Takes care of parameter evaluations and any pending formal
transformations (like dagger) and then calls :meth:`Operation._apply`.
Args:
reg (Sequence[RegRef]): subsystem(s) the operation is acting on
backend (BaseBackend): backend to execute the operation
Returns:
Any: the result of self._apply
"""
# NOTE: We cannot just replace all parameters with their evaluated
# numerical values here.
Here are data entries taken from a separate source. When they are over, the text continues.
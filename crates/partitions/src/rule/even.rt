// Plane partitions are an even kind: raising a site and lowering it undo one another.
use super::Partitions;
use lattice::even::Even;

impl Even for Partitions {
    fn exchanges(&self) {}
}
If we re-initialize a measured mode and
# re-measure it, the corresponding MeasuredParameter value should change accordingly
# when it is used again after the new measurement.
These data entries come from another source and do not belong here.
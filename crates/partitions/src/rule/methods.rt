// Making a rule.
ghost use Rattle.std.specs.Prelude.{◌≡◌};
ghost use Rattle.lattice.specs.Faults.{shape_refusal};
ghost use Rattle.lattice.specs.Shapes.{shape_answer};
ghost use Rattle.partitions.specs.Partitions.{SixStates, partitions_extent};
ghost use Rattle.refusal.specs.Refusals.{answer};

use super::Partitions;
use lattice::fault::ShapeFault;
use lattice::shape::Shape;

impl Partitions {
    pub const LARGEST_CAP: u8 = 255;

    // The rule for plane partitions with these sides and heights up to the cap.
    pub fn new(rows: u64, columns: u64, cap: u64) -> Result<Partitions, ShapeFault>
        ensures { answer partitions_extent shape_refusal result ≡ shape_answer rows columns «cap» 255 }
    {
        let shape = Shape::new(rows, columns, cap, Self::LARGEST_CAP)?;
        Ok(Partitions { shape })
    }

    // The rule for 2 by 2 with cap 1, which has six lawful states.
    pub fn two_by_two_with_cap_one() -> Result<Partitions, ShapeFault>
        ensures { SixStates (answer partitions_extent shape_refusal result) }
    {
        Partitions::new(2, 2, 1)
    }
}
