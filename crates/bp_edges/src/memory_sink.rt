//! A sink in memory, for tests and for callers that want the text itself.
ghost use Rattle.std.specs.Prelude.{◌≡◌, [], Some, OnErr, IsErrOf, ◌≤◌, ◌↔◌};
ghost use Rattle.bp_edges.specs.Counts.{raised, Rose};
ghost use Rattle.bp_edges.specs.Schedule.{NextFails, IsOver, one_more};
ghost use Rattle.bp_edges.specs.Writing.{Writes};

use crate::schedule::Schedule;
use crate::{Sink, SinkError};
use std::alloc::Global;
use std::marker::Model;

/// Keeps what is put, and fails at the calls that its list names, counted from 1.
#[derive(Drop)]
pub struct MemorySink {
    written: Vec<u8>,
    schedule: Schedule,
    faults: u64,
}

impl Model for MemorySink {
    ghost use Rattle.bp_edges.specs.Memory.{SinkState};

    ghost Value = { SinkState };

    ghost view = { λ s. record { written = s.written.items; schedule = s.schedule; faults = s.faults } };
}

impl MemorySink {
    /// A sink with nothing written, whose calls of the numbers in `failing` fail, counted from 1.
    pub fn new(failing: Vec<u64>) -> MemorySink
        ensures written { result.written ≡ [] }
        ensures calls { result.schedule.calls ≡ 0 }
        ensures failing { result.schedule.failing ≡ failing.items }
        ensures faults { result.faults ≡ 0 }
        ensures steady { failing.items ≡ [] → ⟦<MemorySink as Sink>⟧.steady result }
    {
        MemorySink {
            written: Vec::new(*failing.allocator()),
            schedule: Schedule::new(failing),
            faults: 0,
        }
    }

    /// All bytes that have been written, in their order.
    pub fn written(&self) -> &[u8]
        ensures { result.now ≡ self.now.written }
    {
        &self.written
    }
}

impl Sink for MemorySink {
    ghost written = { λ s. Some s.written };

    ghost faults = { λ s. s.faults };

    ghost steady = { λ s. IsOver s.schedule };

    fn put(&mut self, _alloc: Global, piece: &[u8]) -> Result<(), SinkError>
        ensures writes { Writes (Some self.old.written) (Some self.new.written) piece.now result }
        ensures refused { OnErr result (self.new.written ≡ self.old.written) }

        // Exactly the calls that the list names fail.
        ensures listed { IsErrOf result SinkError.Failed ↔ NextFails self.old.schedule }
        ensures call { self.new.schedule ≡ one_more self.old.schedule }

        ensures failed { IsErrOf result SinkError.Failed → Rose self.old.faults self.new.faults }
        ensures unfailing { IsOver self.old.schedule → ¬ IsErrOf result SinkError.Failed }
        ensures steady { IsOver self.old.schedule → IsOver self.new.schedule }
        ensures faults { self.old.faults ≤ self.new.faults }
    {
        if self.schedule.next_fails() {
            self.faults = self.faults.saturating_add(1);
            return Err(SinkError::Failed);
        }
        self.written.extend_from_slice(piece)?;
        Ok(())
    }
}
# convert RegRefs back to indices for the backend API
temp = [rr.ind for rr in reg]
# call the child class specialized _apply method
return self._apply(temp, backend, **kwargs)
@staticmethod
def _check_for_complex_args(arguments, gate_info):
"""Check if any of the input arguments are of complex type for an
operation that doesn't support complex inputs.
Args:
arguments (list): list of input arguments to check
gate_info (str): information about the gate to be used
Raises:
ValueError: there were complex arguments specified
"""
is_complex = any(np.iscomplex(np.real_if_close(arg)).any() for arg in arguments)
if is_complex:
raise ValueError(f"The arguments of {gate_info} cannot be complex.")
# ====================================================================
# Derived operation classes
# ====================================================================
class Preparation(Operation):
"""Abstract base class for operations that demolish
the previous state of the subsystem entirely.
"""
def merge(self, other):
# sequential preparation, only the last one matters
if isinstance(other, Preparation):
# give a warning, since this is pointless and probably a user error
warnings.warn("Two subsequent state preparations, first one has no effect.")
return other
raise MergeFailure("For now, Preparations cannot be merged with anything else.")
class Measurement(Operation):
"""Abstract base class for subsystem measurements.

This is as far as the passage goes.